As you would expect in some cold weather conditions condensation is likely to occur with roofs covering a sealed heated space. The design of the roof gradients and edge detailing can minimise any problems.
Ventilation can obviously reduce the risk but if more control is required then it would be necessary to incorporate a second skin and possibly additional thermal quilt. Control of the air flow in the air gap is recommended to get the best environmental control. A sealed gap is best in winter for insulation and good air flow in the summer will help cooling. The design of roofs especially conic forms can make use of the passive stack effect ventilation with fans or louvres used to enhance the performance if required
A single fabric membrane is virtually transparent to low frequency sound due to its low mass. A double skin with an acoustic quilt inter layer will give you the absorption figures required. Reverberation times on the other hand can be very successfully reduced with tensile fabric linings with acoustic quilt behind wither wall mounted or hung on drop wires.
Unlike glass or brittle panels fabric is highly resistant to impact damage from blunt objects. It is however susceptible to sharp objects.
Small cuts can be repaired with glue-on patches. Larger tears may need specialist repair with portable hot air welders. If an invisible repair is required then the membrane may need to be removed and a replacement panel inserted in the factory. Graffiti solvents may damage the PVC lacquers so should be avoided.

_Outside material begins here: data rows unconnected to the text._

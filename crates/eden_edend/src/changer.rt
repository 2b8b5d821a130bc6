//! The lines after `listen`, which change what was opened.

ghost use Rattle.std.specs.Prelude.{◌≡◌, ◌⊎◌, ⊤, ◌+◌, ◌^◌, ◌≤◌, IfOk, IsErrOf, OnErr, OnOk};
ghost use Rattle.eden_stream.specs.Counts.{Rose, RoseBy};
ghost use Rattle.eden_history.specs.declared.change.Change.{Change};
ghost use Rattle.eden_script.specs.Sessions.{change_of};
ghost use Rattle.eden_edend.specs.Changings.{EndsChanging, Loses, Makes, change_read};
ghost use Rattle.eden_edend.specs.internal.ChangeStory.{numbered};

use crate::changes::change_of;
use crate::labels::Labels;
use crate::session::read_line;
use eden_history::Change;
use eden_ids::NoMemory;
use eden_script::{ChangeLine, Command};
use eden_stream::{CountedRead, Lines, Nowhere, RunFault, Step, Teller, tell_lines};
use std::alloc::{AllocError, Global};

/// What makes the changes that lines ask for.
pub trait Changer {
    // What it is after a change that was made of what it was before, or refused by its mount.
    ghost made: { Self → Change → Self → Type 0 };

    // What is known of it after a change for which there was no memory.
    ghost lost: { Self → Change → Self → Type 0 } = { λ _ _ _. ⊤ };

    /// Makes a change. Whether the mount has refused it doesn't matter here.
    ///
    /// `NoMemory` if an allocation fails.
    fn change(&mut self, change: &Change) -> Result<(), NoMemory>
        ensures ok { OnOk result (made self.old change.now self.new) }
        ensures err { OnErr result (lost self.old change.now self.new) };
}

/// Returns what a line changes, if it is one that changes a mount.
fn read_change(alloc: Global, line: &[u8]) -> Result<Option<ChangeLine>, AllocError>
    ensures { IfOk result (λ change. change ≡ change_read line.now) }
{
    match read_line(alloc, line)? {
        Some(Command::Change(change)) => Ok(Some(change)),
        _ => Ok(None),
    }
}

/// Makes the change that a line asks for.
///
/// A line that is refused for its label or a path changes nothing, nor does one whose change
/// itself finds no memory.
fn make<C: Changer>(labels: &Labels, line: ChangeLine, changer: &mut C) -> Result<(), NoMemory>
    ensures ok { OnOk result (Makes C.made (change_of labels.now line) changer.old changer.new) }
    ensures err { OnErr result ((changer.new ≡ changer.old) ⊎ Loses C.lost (change_of labels.now line) changer.old changer.new) }
{
    match change_of(labels, line)? {
        Ok(change) => changer.change(&change),
        Err(_) => Ok(()),
    }
}

/// Has a changer make the changes of lines.
#[derive(Drop)]
struct Changing<'a> {
    alloc: Global,
    labels: &'a Labels,
}

impl<'a, C: Changer> Teller<Lines, C, ()> for Changing<'a> {
    ghost use Rattle.eden_edend.specs.internal.ChangeStory.{changing_laws, changing_story};

    ghost story = { λ changing before now. changing_story C.made C.lost changing.labels.now before now };

    fn answer(&self, changer: &mut C, line: &[u8], _text: &mut Vec<u8>) -> Step<()> {
        let change = match read_change(self.alloc, line) {
            Ok(Some(change)) => change,
            Ok(None) => return Step::Fault(()),
            Err(_) => return Step::NoMemory,
        };
        match make(self.labels, change, changer) {
            Ok(()) => Step::Told,
            Err(_) => Step::NoMemory,
        }
    }

    ghost lawful = { λ changing before now. changing_laws C.made C.lost changing.labels.now before now };
}

/// The most reads: 2^47.
const MOST_READS: u64 = 140_737_488_355_328;

/// Returns how a run ended, with its numbers of lines counted on from this one.
fn numbered(from: u64, outcome: Result<u64, RunFault>) -> Result<u64, RunFault>
    ensures { result ≡ numbered from outcome }
{
    match outcome {
        Ok(count) => Ok(from.saturating_add(count)),
        Err(RunFault::BadLine(line)) => Err(RunFault::BadLine(from.saturating_add(line))),
        Err(fault) => Err(fault),
    }
}

/// Makes the changes of the lines after `listen`, and returns the last number.
///
/// The number of the line `listen` is `from`, and the others count on from it.
///
/// The lines are those of a script that change a mount: write, remove, rename, renamedir, checkout,
/// reset, flush and remount. Each is read by these labels as in a script, and nothing is printed.
/// One that is refused for its label or a path changes nothing. Empty lines and comments are
/// skipped and counted.
///
/// A read asks for 64 KiB. All lines that are there are run before the next read.
///
/// # Errors
///
/// - `BadLine`: the line of this number is no such line, or it has more than 65,536 bytes. The
///   changes of the lines before it are made.
/// - `Read`: the device failed in this call. The changes of the whole lines that were read are
///   made.
/// - `TurnsSpent`: 2^47 reads in this call did not come to the end. The changes of the whole lines
///   that were read are made.
/// - `NoMemory` if an allocation fails. The changes of some first lines are made, and that of the
///   next one may be.
pub fn run_changes<R: CountedRead, C: Changer>(
    alloc: Global,
    reader: &mut R,
    labels: &Labels,
    from: u64,
    changer: &mut C,
) -> Result<u64, RunFault>
    ensures ends { EndsChanging C.made C.lost labels.now from (R.remaining reader.old) (R.remaining reader.new) changer.old changer.new result }
    ensures read { IsErrOf result RunFault.Read → Rose (R.failed reader.old) (R.failed reader.new) }
    ensures turns_spent { IsErrOf result RunFault.TurnsSpent → RoseBy (2 ^ 47) (R.called reader.old) (R.called reader.new) }
    ensures turns { R.called reader.new ≤ R.called reader.old + 2 ^ 47 }
{
    let changing = Changing { alloc, labels };
    let mut writer = Nowhere::new();
    let outcome = tell_lines(alloc, reader, &mut writer, &changing, changer, MOST_READS);
    numbered(from, outcome)
}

PTFE fabrics are highly resistant to abuse as paints wont key to the surface. The sensible solution is to design out the problem as much as possible but putting the fabric out of reach and details the masts accordingly to minimise the risk of climbing. In vulnerable areas a modular canopy with slide out panels may be a sensible precaution to minimise replacement costs. Some structures such as public bus stops in very exposed sites are probably not ideally suited for membranes.

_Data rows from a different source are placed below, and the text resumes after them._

//! The objects that a script begins with and puts, and the labels that are bound to them.

ghost use Rattle.std.specs.Prelude.{◌≡◌, ◌++◌, ◌∷◌, IfOk, OnOk, Option, List};
ghost use Rattle.std.specs.Option.{option_map};
ghost use Rattle.eden_objects.specs.Objects.{Held};
ghost use Rattle.eden_objects.specs.Puts.{Outcome};
ghost use Rattle.eden_history.specs.Worlds.{WorldState};
ghost use Rattle.eden_script.specs.Sessions.{commit_payload, object_of, object_with, objects_in, put_acted, put_label, tree_payload};
ghost use Rattle.eden_edend.specs.internal.Standing.{session_of, session_put, Gave};

use crate::labels::Labels;
use bytes::Bytes;
use eden_ids::{GitNaming, Id, NoMemory};
use eden_objects::{Object, ObjectType, PutFault, Store};
use eden_script::{Label, PutLine, Refusal, Told, TreeEntry, push_bytes, push_id};
use std::alloc::{AllocError, Global};
use std::mem;

/// Adds an entry of a tree: its mode, a space, its name, NUL and the id's bytes.
fn push_entry(payload: &mut Vec<u8>, entry: &TreeEntry, id: Id) -> Result<(), AllocError>
    ensures { OnOk result (payload.new.items ≡ payload.old.items ++ (entry.now.mode ++ 32 ∷ entry.now.name ++ 0 ∷ id.0)) }
{
    push_bytes(payload, entry.mode.as_bytes())?;
    push_bytes(payload, b" ".as_slice())?;
    push_bytes(payload, entry.name.as_bytes())?;
    push_bytes(payload, b"\0".as_slice())?;
    push_bytes(payload, id.0.as_slice())
}

/// Returns the payload of a tree, or `None` if a label is not bound.
#[tactic(auto, using(crate::proofs::PayloadLemmas::payload_none))]
fn tree_payload(
    alloc: Global,
    labels: &Labels,
    entries: &[TreeEntry],
) -> Result<Option<Vec<u8>>, AllocError>
    ensures { IfOk result (λ payload. option_map (λ v. v.items) payload ≡ tree_payload labels.now entries.now) }
{
    let mut payload = Vec::new(alloc);
    for entry in entries {
        match labels.get(&entry.label) {
            Some(id) => push_entry(&mut payload, entry, id)?,
            None => return Ok(None),
        }
    }
    Ok(Some(payload))
}

/// Returns the payload of a commit of this tree.
fn commit_payload(alloc: Global, tree: Option<Id>) -> Result<Option<Vec<u8>>, AllocError>
    ensures { IfOk result (λ payload. option_map (λ v. v.items) payload ≡ commit_payload tree) }
{
    let Some(tree) = tree else {
        return Ok(None);
    };
    let mut payload = Vec::new(alloc);
    push_bytes(&mut payload, b"tree ".as_slice())?;
    push_id(&mut payload, &tree)?;
    push_bytes(&mut payload, b"\n".as_slice())?;
    Ok(Some(payload))
}

/// Returns the object of this type, if there is a payload, which is moved.
fn object_with(
    object_type: ObjectType,
    payload: Option<Vec<u8>>,
) -> Result<Option<Object>, NoMemory>
    ensures { IfOk result (λ object. object ≡ object_with object_type (option_map (λ v. v.items) payload)) }
{
    match payload {
        Some(payload) => {
            let payload = Bytes::from_vec(payload)?;
            Ok(Some(Object {
                object_type,
                payload,
            }))
        }
        None => Ok(None),
    }
}

/// Returns the label that a line binds, and the object that it names.
///
/// There is no object if a label in the line is not bound.
pub(crate) fn object_of(
    alloc: Global,
    labels: &Labels,
    line: PutLine,
) -> Result<(Label, Option<Object>), NoMemory>
    ensures { IfOk result (λ named. named ≡ (put_label line, object_of labels.now line)) }
{
    match line {
        PutLine::Blob { label, bytes } => {
            let object = object_with(ObjectType::Blob, Some(bytes.into_bytes()))?;
            Ok((label, object))
        }
        PutLine::Tree { label, entries } => {
            let payload = tree_payload(alloc, labels, entries.as_slice())?;
            let object = object_with(ObjectType::Tree, payload)?;
            Ok((label, object))
        }
        PutLine::Commit { label, tree } => {
            let payload = commit_payload(alloc, labels.get(&tree))?;
            let object = object_with(ObjectType::Commit, payload)?;
            Ok((label, object))
        }
    }
}

/// Binds the label to what was put, or says why nothing was.
#[tactic(auto, using(crate::proofs::PutSteps::put_bound, crate::proofs::PutSteps::put_refused))]
pub(crate) fn bind_put(
    labels: &mut Labels,
    label: Label,
    put: Result<Id, PutFault>,
) -> Result<Told<'static>, NoMemory>
    ensures { (mounted : Option WorldState) (held more : List Held) (outcome : Outcome) → Gave put (objects_in held mounted) more outcome
        → IfOk result (λ told. put_acted (session_of mounted held labels.old) label outcome ≡ (session_put mounted held more labels.new, told)) }
{
    match put {
        Ok(id) => {
            labels.bind(label, id)?;
            Ok(Told::Done)
        }
        Err(PutFault::NoMemory) => Err(NoMemory),
        Err(fault) => Ok(Told::Refused(Refusal::Put(fault))),
    }
}

/// Holds the objects, and the labels that are bound to them.
///
/// A mount takes the store. The store that is left has no object.
#[derive(Drop)]
pub struct Objects {
    /// The objects.
    pub store: Store<GitNaming>,
    /// What each label is bound to.
    pub labels: Labels,
}

impl Objects {
    ghost use Rattle.std.specs.Prelude.{[]};

    /// Makes a store without objects, and no binding.
    ///
    /// Does not allocate.
    pub fn new(alloc: Global) -> Objects
        ensures store { result.store ≡ [] }
        ensures labels { result.labels ≡ [] }
    {
        Objects {
            store: Store::new(alloc, GitNaming),
            labels: Labels::new(alloc),
        }
    }

    /// Takes the store, and leaves one with no object.
    pub(crate) fn take_store(&mut self, alloc: Global) -> Store<GitNaming>
        ensures store { result ≡ self.old.store }
        ensures labels { self.new.labels ≡ self.old.labels }
    {
        mem::replace(&mut self.store, Store::new(alloc, GitNaming))
    }
}
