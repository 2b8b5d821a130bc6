//! A basis whose body is as long as a frame's may be, and one that would be longer.

use bytes::Bytes;
use eden_accumulate::Mount;
use eden_history::Change;
use eden_ids::{GitNaming, Id, Kind, Path};
use eden_objects::Store;
use eden_query::serve;
use eden_stream::Counted;
use std::alloc::Global;
use std::process::Abort;
use std::test::Fail;
use test_kit::{QUERY_BYTES as Q, joined};

/// How many files there are whose paths have 1,024 bytes.
const FILES: usize = 16_351;

/// A path of this many bytes: a number of five digits, and letters behind it.
fn long_path(alloc: Global, number: usize, bytes: usize) -> Result<Path, Fail> {
    let mut text = Vec::new(alloc);
    for digit in [
        number / 10_000,
        number / 1_000,
        number / 100,
        number / 10,
        number,
    ] {
        text.push(b'0' + (digit % 10) as u8)?;
    }
    for place in 5..bytes {
        text.push(if place % 250 == 249 { b'/' } else { b'a' })?;
    }
    Ok(Path::parse(alloc, text.as_slice())?)
}

fn write(alloc: Global, mount: &mut Mount<GitNaming>, path: Path) -> Result<(), Fail> {
    let change = Change::Write {
        path,
        kind: Kind::Plain,
        bytes: Bytes::new(),
    };
    let _ = mount.apply(&change)?;
    Ok(())
}

fn remove(mount: &mut Mount<GitNaming>, path: Path) -> Result<(), Fail> {
    let _ = mount.apply(&Change::Remove { path })?;
    Ok(())
}

/// What a mount writes to one frame, a basis of all paths.
fn replied(alloc: Global, mount: &mut Mount<GitNaming>) -> Result<Vec<u8>, Fail> {
    let basis = joined(alloc, &[&[0, 0, 0, 0x1b, 2, 1], &Q, &[0]])?;
    let mut written = Vec::new(alloc);
    let mut reader = Counted::new(basis.as_slice());
    let mut writer = Counted::new(&mut written);
    match serve(alloc, &mut reader, &mut writer, mount) {
        Ok(1) => Ok(written),
        _ => Err(Fail::new("one frame is not answered")),
    }
}

/// Whether a frame with this length of its body tells the paths of so many files at this sequence, of which the first is `first`.
fn is_basis(
    alloc: Global,
    frame: &[u8],
    length: [u8; 4],
    sequence: [u8; 2],
    count: [u8; 2],
    first: &Path,
) -> Result<bool, Fail> {
    let place = [0, 0, 0, 0, 0, 0, 0, 7, 0, 0, 0, 0, 0, 0];
    let head = joined(
        alloc,
        &[
            &length,
            &[2, 0x81],
            &Q,
            &place,
            &sequence,
            &[0; 20],
            &[0, 0],
            &count,
            &[4, 0],
            first.as_bytes(),
        ],
    )?;
    let whole = frame.len() == (u32::from_be_bytes(length) as usize) + 4;
    Ok(whole && frame.starts_with(head.as_slice()))
}

/// Whether a mount replies by a basis of this length, sequence and count.
///
/// Its first path is the first that was written.
fn replies_by_basis(
    alloc: Global,
    mount: &mut Mount<GitNaming>,
    length: [u8; 4],
    sequence: [u8; 2],
    count: [u8; 2],
) -> Result<bool, Fail> {
    let first = long_path(alloc, 0, 1024)?;
    let frame = replied(alloc, mount)?;
    is_basis(alloc, frame.as_slice(), length, sequence, count, &first)
}

/// Whether a mount refuses a basis as one that is too large.
fn refuses_basis(alloc: Global, mount: &mut Mount<GitNaming>) -> Result<bool, Fail> {
    let frame = replied(alloc, mount)?;
    let refused = joined(
        alloc,
        &[&[0, 0, 0, 0x23, 2, 0x84], &Q, &[4, 0, 0, 0, 0, 0, 0, 0, 0]],
    )?;
    Ok(frame.as_slice() == refused.as_slice())
}

/// Checks what a mount of the empty commit replies as it takes one long path after another.
fn check_bases(rt: &impl Abort, alloc: Global, mount: &mut Mount<GitNaming>) -> Result<(), Fail> {
    for number in 0..FILES {
        write(alloc, mount, long_path(alloc, number, 1024)?)?;
    }
    // 16,776,192 bytes: 66, and 1,026 for each path.
    assert!(rt; replies_by_basis(alloc, mount, [0, 0xff, 0xfc, 0], [0x3f, 0xe0], [0x3f, 0xdf])?);
    // 16,777,216 bytes, which is the most.
    write(alloc, mount, long_path(alloc, FILES, 1022)?)?;
    assert!(rt; replies_by_basis(alloc, mount, [1, 0, 0, 0], [0x3f, 0xe1], [0x3f, 0xe0])?);
    // Two bytes more.
    remove(mount, long_path(alloc, FILES, 1022)?)?;
    write(alloc, mount, long_path(alloc, FILES, 1024)?)?;
    assert!(rt; refuses_basis(alloc, mount)?);
    Ok(())
}

#[test]
fn largest_basis(rt: HostRuntime) -> Result<(), Fail> {
    let store = Store::new(rt.alloc(), GitNaming);
    let mut mount = Mount::mount(rt.alloc(), store, Id::ZERO, 7, 0)?;
    check_bases(&rt, rt.alloc(), &mut mount)
}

Advantages over overhead glass canopies are that thrown objects tend to bounce off a fabric canopy and health and safety issue of falling glass is largely resolved.
For the smaller structures this is done with long handled brushes and soapy water if necessary from cherry pickers or tower scaffolds. With the larger membranes trained rope access riggers abseil from high level anchorage points or traverse across the membrane with a Latchway or similar restraint system using brushes and water filled back packs or pressure washers.
Every structure has its own maintenance manual describing fixing points and cleaning procedures. Ideally canopies should be cleaned annually but PTFE/glass fabric would be the preferred option if cleaning is unlikely or impractical. This is because its inherent no-stick surface resists pollutant adhesion and allows rain to clean off most dirt. Raw PVC is readily adhered to by pollutants so all membranes are treated with dirt resistant lacquers or surface foils.
Careful cleaning maintains their life and the optimum appearance of the membrane.
The fabric manufacturer can issue a 5 year up to a 10 year warranty covering the structural strength and integrity of the fabric. The specialist subcontractor can be asked for a collateral design warranty. We recommend that structures have annual inspections to ensure the ongoing integrity of each critical component.